Jay Coupar

Is it Justinflation?

There was a great debate the other week in the house of commons between Pierre Poilievre and Justin Trudeau, where Trudeau vehemently denied that he was responsible for the highest inflation since 2003. Mr. Poilievre accused the Trudeau government of causing “#Justinflation” with the Liberal government’s record deficit spending. Mr. Poilievre then went on to call Trudeau’s denial “simply #Justincredible!”

While the debate was humorous, and as much as I enjoy seeing Justin Trudeau take some heat, the reality is that inflation rates are soaring globally right now, not just in Canada. As central banks flood the economy with stimulus cash to counter supply chain disruptions and economic lockdowns due to the pandemic, a surge in demand for consumer goods caused prices for just about everything to rise rapidly.

Inflation And Interest Rates

Now, we will always have inflation, for the simple reason that the alternative – deflation – is terrible for an economy. Prices go down, but so do people’s homes, their investments, and their jobs. Deflation causes deep and painful recessions that can be difficult to recover from. For this reason, the Bank Of Canada tries to keep the inflation rate around a healthy 2% baseline. As of now, we stand at 4.7%, which is high. The US inflation rate has surged even higher, hitting an almost 40-year high of 6.8%. More concerning, some commodities have risen even higher. Gasoline prices rose by 43.6 percent in 2021 up to November. Incomes, in contrast, have only risen 2.8%.

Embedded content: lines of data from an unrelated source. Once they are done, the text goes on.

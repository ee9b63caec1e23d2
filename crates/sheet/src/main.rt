// The program `sheet`: reads frames from standard input, a line each, and answers them on standard output.
#![tactic(auto)]

ghost use Rattle.std.specs.Prelude.{◌≡◌, IfOk};
ghost use Rattle.call_outcomes.specs.Plain.{plain_store_of};
ghost use Rattle.frame_answers.specs.Gives.{kept_of};
ghost use Rattle.frame_chunks.specs.Chunk.{standing, end, chunk_outcome};
ghost use Rattle.sheet.specs.Within.{Within};

use std::io;
use std::io::Read;

// The slots of the store.
const SLOTS: usize = 4224;

// The counts of the store.
const COUNTS: usize = 256;

// The tallies of the store.
const TALLIES: usize = 256;

// The words of the tape that may wait.
const TAPE: usize = 1024;

// The line buffer has room for so many bytes.
const LINE: usize = 256;

// The input has room for so many bytes.
const INPUT: usize = 65536;

// The output has room for so many bytes.
const OUTPUT: usize = 262144;

// How many bytes of the line that is still open and words of the tape are held.
#[derive(Clone, Copy)]
struct State {
    have: usize,
    waiting: usize,
}

// Answers the lines that end in the chunk, and writes the answers; an error where a write fails.
fn answer_chunk(
    rt: &impl Print,
    chunk: &[u8],
    line: &mut [u8; LINE],
    slots: &mut [u64; SLOTS],
    counts: &mut [u16; COUNTS],
    tallies: &mut [u16; TALLIES],
    tape: &mut [u32; TAPE],
    output: &mut [u8; OUTPUT],
    before: State,
) -> io::Result<State>
    requires held { Within before }
    ensures { IfOk result (λ after. Within after
        × (end line.new after.have (kept_of (plain_store_of slots.new counts.new tallies.new) tape.new after.waiting)
        ≡ (chunk_outcome chunk.now
        (standing 0 line.old before.have (kept_of (plain_store_of slots.old counts.old tallies.old) tape.old before.waiting))).end)) }
{
    let mut have = before.have;
    let mut waiting = before.waiting;
    let mut from = 0;
    while from < chunk.len() {
        let reached = frame_chunks::answer_lines(
            chunk, from, line, have, slots, counts, tallies, tape, waiting, output,
        );
        have = reached.have;
        waiting = reached.waiting;
        from = reached.next;
        rt.write_all(&output[..reached.bytes])?;
    }
    Ok(State { have, waiting })
}

// Answers every line of the input; an error where a write fails. The answers to a chunk are written before the next one is read. The end of
// the input ends a line that is still open. A proved loop has to end, so this one has a number of turns that no run uses up.
fn run(
    rt: &(impl Input + Print),
    slots: &mut [u64; SLOTS],
    counts: &mut [u16; COUNTS],
    tallies: &mut [u16; TALLIES],
    tape: &mut [u32; TAPE],
    line: &mut [u8; LINE],
    input: &mut [u8; INPUT],
    output: &mut [u8; OUTPUT],
) -> io::Result<()> {
    let mut state = State {
        have: 0,
        waiting: 0,
    };
    let mut reader = rt.reader();
    for _ in 0..u64::MAX {
        let bytes = reader.read(input).unwrap_or(0);
        if bytes == 0 {
            break;
        }
        let chunk = &input[..bytes];
        state = answer_chunk(rt, chunk, line, slots, counts, tallies, tape, output, state)?;
    }
    if 0 < state.have {
        answer_chunk(rt, b"\n", line, slots, counts, tallies, tape, output, state)?;
    }
    Ok(())
}

// A store of zeros is the empty sheet, and no word of the tape waits. Where a write fails the program ends, as it does at the end of the input.
fn main(rt: HostRuntime) {
    let mut slots = [0u64; SLOTS];
    let mut counts = [0u16; COUNTS];
    let mut tallies = [0u16; TALLIES];
    let mut tape = [0u32; TAPE];
    let mut line = [0u8; LINE];
    let mut input = [0u8; INPUT];
    let mut output = [0u8; OUTPUT];
    let _ = run(
        &rt,
        &mut slots,
        &mut counts,
        &mut tallies,
        &mut tape,
        &mut line,
        &mut input,
        &mut output,
    );
}
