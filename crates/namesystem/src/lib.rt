//! What each request does to the state of a NameNode: the namespace, the users, the clients who have files open, the keys, and the blocks with
//! their nodes.
#![tactic(auto)]

pub mod granting;
pub mod namesystem;
pub mod told;
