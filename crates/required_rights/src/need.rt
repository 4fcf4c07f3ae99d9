ghost use Rattle.std.specs.Prelude.{◌≡◌, Some};

use hdfs_values::who::Who;
use permission_bits::rights::Rights;
use permission_specs::entry::Entry;
use std::alloc::AllocError;
use std::fmt;

/// What a caller needs at a component of the namespace (HDFS Permissions Guide, "Permission Checks").
#[derive(Drop)]
pub enum Need {
    /// To be granted these rights on the component.
    Rights(Rights),
    /// In a directory with the sticky bit, to own the component or that directory.
    Sticky,
    /// To own the component.
    Owner,
    /// To be among the members of this group.
    Member(Who),
    /// To be a superuser.
    Superuser,
    /// To be the principal of a DataNode.
    Node,
}

impl Clone for Need {
    ghost is_clone = { λ need copy. copy ≡ need };

    fn clone(&self) -> Result<Need, AllocError> {
        match self {
            Need::Rights(rights) => Ok(Need::Rights(*rights)),
            Need::Sticky => Ok(Need::Sticky),
            Need::Owner => Ok(Need::Owner),
            Need::Member(group) => Ok(Need::Member(group.clone()?)),
            Need::Superuser => Ok(Need::Superuser),
            Need::Node => Ok(Need::Node),
        }
    }
}

/// Prints the rights in three letters, and other needs by name.
impl fmt::Display for Need {
    ghost use Rattle.required_rights.specs.NeedText.{need_text};

    ghost output = { λ need. Some (need_text need) };

    fn fmt<W: fmt::Write>(&self, f: &mut fmt::Formatter<W>) -> fmt::Result {
        match self {
            Need::Rights(rights) => write!(f, "{rights}"),
            Need::Sticky => write!(f, "sticky"),
            Need::Owner => write!(f, "owner"),
            Need::Member(group) => write!(f, "member:{group}"),
            Need::Superuser => write!(f, "superuser"),
            Need::Node => write!(f, "node"),
        }
    }
}

/// What decided about a need.
#[derive(Drop)]
pub enum By {
    /// For rights the entry, and the mask where one filters it.
    Entry(Entry, Option<Rights>),
    /// The owner of the component.
    Owner(Who),
    /// For the sticky bit the owner of the component, and that of the directory that holds it.
    Owners(Who, Who),
    /// The group whose members meet the need.
    Group(Who),
    /// Whether the caller is a superuser.
    Superuser,
    /// Whether the caller is the principal of a DataNode.
    Node,
    /// Nothing: the need isn't judged while permission checking is off.
    Unchecked,
}

impl Clone for By {
    ghost is_clone = { λ by copy. copy ≡ by };

    fn clone(&self) -> Result<By, AllocError> {
        match self {
            By::Entry(entry, mask) => Ok(By::Entry(entry.clone()?, *mask)),
            By::Owner(owner) => Ok(By::Owner(owner.clone()?)),
            By::Owners(owner, above) => Ok(By::Owners(owner.clone()?, above.clone()?)),
            By::Group(group) => Ok(By::Group(group.clone()?)),
            By::Superuser => Ok(By::Superuser),
            By::Node => Ok(By::Node),
            By::Unchecked => Ok(By::Unchecked),
        }
    }
}

/// Prints the entry, and behind it the mask where one filters it; owners and groups by what they are.
impl fmt::Display for By {
    ghost use Rattle.required_rights.specs.NeedText.{by_text};

    ghost output = { λ by. Some (by_text by) };

    fn fmt<W: fmt::Write>(&self, f: &mut fmt::Formatter<W>) -> fmt::Result {
        match self {
            By::Entry(entry, None) => write!(f, "{entry}"),
            By::Entry(entry, Some(mask)) => write!(f, "{entry} mask::{mask}"),
            By::Owner(owner) => write!(f, "owner:{owner}"),
            By::Owners(owner, above) => write!(f, "owner:{owner} dir:{above}"),
            By::Group(group) => write!(f, "group:{group}"),
            By::Superuser => write!(f, "superuser"),
            By::Node => write!(f, "node"),
            By::Unchecked => write!(f, "unchecked"),
        }
    }
}
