ghost use Rattle.std.specs.Prelude.{◌≡◌, ◌++◌, ℕ, List, Option, IfOk, OnErr};
ghost use Rattle.hdfs_types.specs.Verb.{grant_op};
ghost use Rattle.hdfs_types.specs.declared.op.Op.TheVariants as op;
ghost use Rattle.hdfs_types.specs.declared.reply.Reply.TheVariants as reply;
ghost use Rattle.flat_rows.specs.declared.verdict.Verdict.TheVariants.{Done};
ghost use Rattle.required_rights.specs.RequiredRights.{required_rights};
ghost use Rattle.history.specs.Grants.{rows_granted};
ghost use Rattle.file_effects.specs.Effected.{IsExact};
ghost use Rattle.namesystem.specs.Performed.{IsPerformed, IsUndone};

use crate::namesystem::Namesystem;
use crate::told::{Told, with_copy};
use block_grants::reader::{GivenFile, open_file};
use block_grants::writer::{GivenBlock, give_block};
use file_paths::path::Path;
use flat_rows::verdict::Verdict;
use grant_ledger::ledger::Ledger;
use hdfs_types::file::LastBlock;
use hdfs_types::reply::Reply;
use hdfs_types::verb::Grant;
use hdfs_values::ids::BlockId;
use hdfs_values::moment::Moment;
use hdfs_values::who::Who;
use node_commands::commands::granted_commands;
use node_ids::node_id::node_of;
use open_file_paths::open_paths::OpenPaths;
use required_rights::demand::Needs;
use std::alloc::{AllocError, Global};
use write_rules::blocks::{JudgedBlock, JudgedOpen, judge_add_block, judge_open};
use write_rules::write::judge_node;

/// A heartbeat: the DataNode whose principal the caller is lives, and is told what waits for it. A copy of the verdict is made before
/// anything changes, since it takes memory. Costs what `Blocks::instructions` costs, and a code for each token.
fn perform_heartbeat(
    alloc: Global,
    system: &mut Namesystem,
    ledger: &mut Ledger,
    place: u64,
    caller: &Who,
    needs: &Needs,
    now: Moment,
) -> Result<Told, AllocError>
    requires { needs.now ≡ required_rights op.Heartbeat }
    ensures ok { (last : List ℕ → Option ℕ) → IsExact last system.old.tree system.old.writers → IfOk result (λ told. IsPerformed last now caller.now op.Heartbeat system.old told.verdict system.new) }
    ensures copy { IfOk result (λ told. told.copy ≡ told.verdict) }
    ensures ledger { IfOk result (λ told. ledger.new.rows ≡ ledger.old.rows ++ rows_granted place system.old.ring now caller.now op.Heartbeat told.verdict) }
    ensures writers { system.new.writers ≡ system.old.writers }
    ensures err { OnErr result (IsUndone system.old system.new) }
    ensures err_ledger { OnErr result (ledger.new.rows ≡ ledger.old.rows) }
{
    if let Some(denial) = judge_node(alloc, &system.tree, &system.users, caller, needs)? {
        return with_copy(Verdict::Denied(denial));
    }
    let Some(node) = node_of(caller) else {
        return with_copy(Verdict::Done(Reply::Empty));
    };
    let told = system.blocks.instructions(node, now)?;
    let granted = granted_commands(alloc, &system.ring, place, now, caller, &told)?;
    let copy = granted.commands.clone()?;
    let before = ledger.len();
    ledger.enter(granted.rows)?;
    if system.blocks.hand_out(node, now, &told).is_err() {
        ledger.take_back(before);
        drop(copy);
        return Err(AllocError);
    }
    Ok(Told {
        verdict: Verdict::Done(Reply::Commands(granted.commands)),
        copy: Verdict::Done(Reply::Commands(copy)),
    })
}

// What is told of a block that is given. Takes no memory.
fn told_of_block(given: GivenBlock) -> Told
    ensures verdict { result.verdict ≡ Done (reply.Added given.added) }
    ensures copy { result.copy ≡ Done (reply.Added given.copy) }
{
    Told {
        verdict: Verdict::Done(Reply::Added(given.added)),
        copy: Verdict::Done(Reply::Added(given.copy)),
    }
}

/// Notes that a file ends with a new block, and where it is.
fn note_added(open_paths: &mut OpenPaths, path: &Path, last: Option<LastBlock>, block: BlockId) {
    if let Some(last) = last {
        open_paths.end_block(last.block);
    }
    open_paths.note_block(path, block);
}

/// A request for a new block at the end of a file that the caller writes. What the caller is told is made before anything changes. Costs
/// the path, what `Blocks::plan_behind` and `Blocks::add_planned` cost, and a code.
fn perform_add_block(
    alloc: Global,
    system: &mut Namesystem,
    open_paths: &mut OpenPaths,
    ledger: &mut Ledger,
    place: u64,
    caller: &Who,
    needs: &Needs,
    path: &Path,
    last: Option<LastBlock>,
    now: Moment,
) -> Result<Told, AllocError>
    requires { needs.now ≡ required_rights (op.AddBlock path.now last) }
    ensures ok { (renewal : List ℕ → Option ℕ) → IsExact renewal system.old.tree system.old.writers → IfOk result (λ told. IsPerformed renewal now caller.now (op.AddBlock path.now last) system.old told.verdict system.new) }
    ensures copy { IfOk result (λ told. told.copy ≡ told.verdict) }
    ensures ledger { IfOk result (λ told. ledger.new.rows ≡ ledger.old.rows ++ rows_granted place system.old.ring now caller.now (op.AddBlock path.now last) told.verdict) }
    ensures writers { system.new.writers ≡ system.old.writers }
    ensures err { OnErr result (IsUndone system.old system.new) }
    ensures err_ledger { OnErr result (ledger.new.rows ≡ ledger.old.rows) }
{
    let judged = judge_add_block(
        alloc,
        &system.tree,
        &system.users,
        &system.blocks,
        caller,
        needs,
        path,
        last,
        now,
    )?;
    match judged {
        JudgedBlock::Verdict(verdict) => with_copy(verdict),
        JudgedBlock::New { new, replication } => {
            let block = new.block;
            let given = give_block(
                alloc,
                &mut system.tree,
                &mut system.blocks,
                &system.ring,
                ledger,
                place,
                caller,
                path,
                &last,
                new,
                replication,
                now,
            )?;
            note_added(open_paths, path, last, block);
            Ok(told_of_block(given))
        }
    }
}

// What is told of a file that is opened. Takes no memory.
fn told_of_file(given: GivenFile) -> Told
    ensures verdict { result.verdict ≡ Done (reply.Opened given.opened) }
    ensures copy { result.copy ≡ Done (reply.Opened given.copy) }
{
    Told {
        verdict: Verdict::Done(Reply::Opened(given.opened)),
        copy: Verdict::Done(Reply::Opened(given.copy)),
    }
}

/// A request to read a file: the caller is granted a token for each of its blocks. Costs the path, and for each block a code, a look-up
/// and the nodes that reported it.
fn perform_open(
    alloc: Global,
    system: &Namesystem,
    ledger: &mut Ledger,
    place: u64,
    caller: &Who,
    needs: &Needs,
    path: &Path,
    now: Moment,
) -> Result<Told, AllocError>
    requires { needs.now ≡ required_rights (op.Open path.now) }
    ensures ok { (last : List ℕ → Option ℕ) → IsExact last system.now.tree system.now.writers → IfOk result (λ told. IsPerformed last now caller.now (op.Open path.now) system.now told.verdict system.now) }
    ensures copy { IfOk result (λ told. told.copy ≡ told.verdict) }
    ensures ledger { IfOk result (λ told. ledger.new.rows ≡ ledger.old.rows ++ rows_granted place system.now.ring now caller.now (op.Open path.now) told.verdict) }
    ensures err_ledger { OnErr result (ledger.new.rows ≡ ledger.old.rows) }
{
    match judge_open(alloc, &system.tree, &system.users, caller, needs, path)? {
        JudgedOpen::Verdict(verdict) => with_copy(verdict),
        JudgedOpen::File(file) => {
            let given = open_file(
                alloc,
                &system.blocks,
                &system.ring,
                ledger,
                place,
                caller,
                &file.blocks,
                now,
            )?;
            Ok(told_of_file(given))
        }
    }
}

/// A request that grants tokens. What it grants is entered into the ledger at this place, and a copy of the verdict is made before
/// anything changes.
///
/// # Errors
/// Out of memory, and nothing has changed.
pub fn perform_grant(
    alloc: Global,
    system: &mut Namesystem,
    open_paths: &mut OpenPaths,
    ledger: &mut Ledger,
    place: u64,
    caller: &Who,
    needs: &Needs,
    grant: &Grant<'_>,
    now: Moment,
) -> Result<Told, AllocError>
    requires { needs.now ≡ required_rights (grant_op grant.now) }
    ensures ok { (last : List ℕ → Option ℕ) → IsExact last system.old.tree system.old.writers → IfOk result (λ told. IsPerformed last now caller.now (grant_op grant.now) system.old told.verdict system.new) }
    ensures copy { IfOk result (λ told. told.copy ≡ told.verdict) }
    ensures ledger { IfOk result (λ told. ledger.new.rows ≡ ledger.old.rows ++ rows_granted place system.old.ring now caller.now (grant_op grant.now) told.verdict) }
    ensures writers { system.new.writers ≡ system.old.writers }
    ensures err { OnErr result (IsUndone system.old system.new) }
    ensures err_ledger { OnErr result (ledger.new.rows ≡ ledger.old.rows) }
{
    match grant {
        Grant::Open(path) => perform_open(alloc, system, ledger, place, caller, needs, path, now),
        Grant::AddBlock(path, last) => perform_add_block(
            alloc, system, open_paths, ledger, place, caller, needs, path, *last, now,
        ),
        Grant::Heartbeat => perform_heartbeat(alloc, system, ledger, place, caller, needs, now),
    }
}
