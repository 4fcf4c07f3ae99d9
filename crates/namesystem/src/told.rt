ghost use Rattle.std.specs.Prelude.{◌≡◌, false, IfOk, OnErr};
ghost use Rattle.flat_rows.specs.Verdicts as kind;
ghost use Rattle.namesystem.specs.Told.{IsTold, may_change, is_told_before};

use flat_rows::verdict::Verdict;
use hdfs_types::reply::Reply;
use std::alloc::AllocError;

/// A verdict for the history, and a copy of it for the caller.
#[derive(Drop)]
pub struct Told {
    /// For the history.
    pub verdict: Verdict,
    /// For the caller.
    pub copy: Verdict,
}

/// Whether the request is done. Takes no memory.
pub fn is_done(verdict: &Verdict) -> bool
    ensures { result ≡ kind.is_done verdict.now }
{
    matches!(verdict, Verdict::Done(_))
}

/// A copy of a verdict. Takes no memory where the verdict may come with a change, but for one that is copied before the change.
fn copy_of(verdict: &Verdict) -> Result<Verdict, AllocError>
    ensures ok { IfOk result (λ copy. copy ≡ verdict.now) }
    ensures err { is_told_before verdict.now ≡ false → OnErr result (may_change verdict.now ≡ false) }
{
    match verdict {
        Verdict::Done(Reply::Empty) => Ok(Verdict::Done(Reply::Empty)),
        Verdict::Done(Reply::Deleted(count)) => Ok(Verdict::Done(Reply::Deleted(*count))),
        Verdict::Done(Reply::Released) => Ok(Verdict::Done(Reply::Released)),
        Verdict::Done(Reply::Recovering(block, stamp)) => {
            Ok(Verdict::Done(Reply::Recovering(*block, *stamp)))
        }
        Verdict::Done(Reply::Closed(bytes)) => Ok(Verdict::Done(Reply::Closed(*bytes))),
        Verdict::Done(Reply::Expired(files)) => Ok(Verdict::Done(Reply::Expired(*files))),
        Verdict::Done(Reply::Serial(serial)) => Ok(Verdict::Done(Reply::Serial(*serial))),
        _ => verdict.clone(),
    }
}

/// A verdict with a copy of it.
///
/// # Errors
/// Out of memory, which never meets a verdict that may come with a change, but for one that is copied before the change.
pub fn with_copy(verdict: Verdict) -> Result<Told, AllocError>
    ensures ok { IfOk result (IsTold verdict) }
    ensures err { is_told_before verdict ≡ false → OnErr result (may_change verdict ≡ false) }
{
    let Ok(copy) = copy_of(&verdict) else {
        drop(verdict);
        return Err(AllocError);
    };
    Ok(Told { verdict, copy })
}

/// The verdict alone. Takes no memory.
pub fn verdict_of(told: Told) -> Verdict
    ensures { result ≡ told.verdict }
{
    let Told { verdict, copy } = told;
    drop(copy);
    verdict
}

The problem, in my opinion, is that the Bank Of Canada is caught between a rock and a hard place. Canadians want to see higher interest rates to cool off inflation, particularly in the white-hot housing market. However, if they raise rates too quickly, it could derail the post-pandemic economic recovery. With wave after wave of lockdowns, and the Omicron variant ripping through the globe, this is not an environment that is conducive to rapidly rising interest rates.

More likely, as we hopefully move past the pandemic, we will see a few gradual quarter-point interest rate hikes. However, we will still be in a historically low-interest-rate environment for some time.

There is some debate over if this bout of inflation is transitory or a sign of things to come. Regardless, I always advise clients to hedge against inflation. In my opinion, the best way to do this is simply to buy your principal residence.

The Ultimate Inflation Hedge

Think about it. Not only do you need a roof over your head, but essentially you’re making a leveraged bet that the price of everything will be higher in 30 years. To me, that’s a pretty good bet, because in my view higher prices are as sure as death and taxes. From coffee and groceries to lumber, concrete, gypsum, and of course land – all of these things will cost more in the future.

What makes this powerful is the leverage component – you’re putting down 15 – 20%, which allows you to buy a million-dollar asset in today’s dollars and hold it in tomorrow’s dollars. The principal residence exemption means that any capital gains on the sale of that property are completely tax-free. (I wouldn’t put it past Trudeau to steal that from us one day. However, it’s unlikely given that such a move would be political suicide.) While RRSP’s are great for tax shelter, you are capped at your annual contribution – the principal residence exemption is unlimited. This is why for most Canadians, their homes are their single best investment.

Trudeau or no Trudeau, that is unlikely to change any time soon.